_The task_. The word "Rattle" marks the lines to find; copy every such line from the data below.

Provided records Start Marker

//! The parts that a text is written of.

/// A part of a text: it is written without an allocation.
#[derive(Clone, Copy)]
pub enum Piece<'a> {
    Text(&'a str),
    /// In decimal digits.
    Number(usize),
}
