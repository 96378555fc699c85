//! The number that a text begins with: whether there is one, how many bytes it takes, what its value is, and what
//! follows it.
//! A number is decimal digits, with a minus before them or none, and fits 64 bits with a sign.
ghost use Rattle.std.specs.Prelude.{◌≡◌, ◌≤◌, length, IsTrue};
ghost use Rattle.mls_lattice.specs.Reading.{Shows};
ghost use Rattle.mls_tokens.specs.Scanning.{int_value, IsIntText, int_length, starts_int, leading_int};

use crate::fault::ScanFault;
use mls_lattice::{ascii_text, digits_len};

/// The value of a text that is a number and nothing else; one out of range is refused.
fn int_value(text: &str) -> Result<i64, ScanFault>
    requires { IsIntText text.now }
    ensures { Shows (λ n. n) result (int_value text.now) }
{
    match text.parse::<i64>() {
        Ok(number) => Ok(number),
        Err(_) => Err(ScanFault::Token),
    }
}

/// How many bytes the number at the front takes, its minus among them.
#[tactic(auto, unfolding(crate::specs::Scanning::int_length))]
fn int_length(bytes: &[u8]) -> usize
    ensures run { result ≡ int_length bytes.now }
    ensures within { result ≤ length bytes.now }
{
    match bytes {
        [b'-', rest @ ..] => 1 + digits_len(rest),
        _ => digits_len(bytes),
    }
}

/// The value of the number at the front, and the bytes that follow it.
#[tactic(auto, using(crate::proofs::IntLemmas::int_runs), unfolding(crate::specs::Scanning::leading_int))]
pub(crate) fn leading_int(bytes: &[u8]) -> Result<(i64, &[u8]), ScanFault>
    requires { IsTrue (starts_int bytes.now) }
    ensures { Shows (λ x. (x.0, x.1.now)) result (leading_int bytes.now) }
{
    let (text, rest) = bytes.split_at(int_length(bytes));
    let number = int_value(ascii_text(text))?;
    Ok((number, rest))
}

/// Whether the bytes begin with a number: with a digit, or with a minus directly before one.
pub(crate) fn starts_int(bytes: &[u8]) -> bool
    ensures { result ≡ starts_int bytes.now }
{
    match bytes {
        [b'-', second, ..] => second.is_ascii_digit(),
        [first, ..] => first.is_ascii_digit(),
        [] => false,
    }
}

Provided records End Marker

_Output of the exercise_.
ghost use Rattle.std.specs.Prelude.{◌≡◌, ◌≤◌, length, IsTrue};
ghost use Rattle.mls_lattice.specs.Reading.{Shows};
ghost use Rattle.mls_tokens.specs.Scanning.{int_value, IsIntText, int_length, starts_int, leading_int};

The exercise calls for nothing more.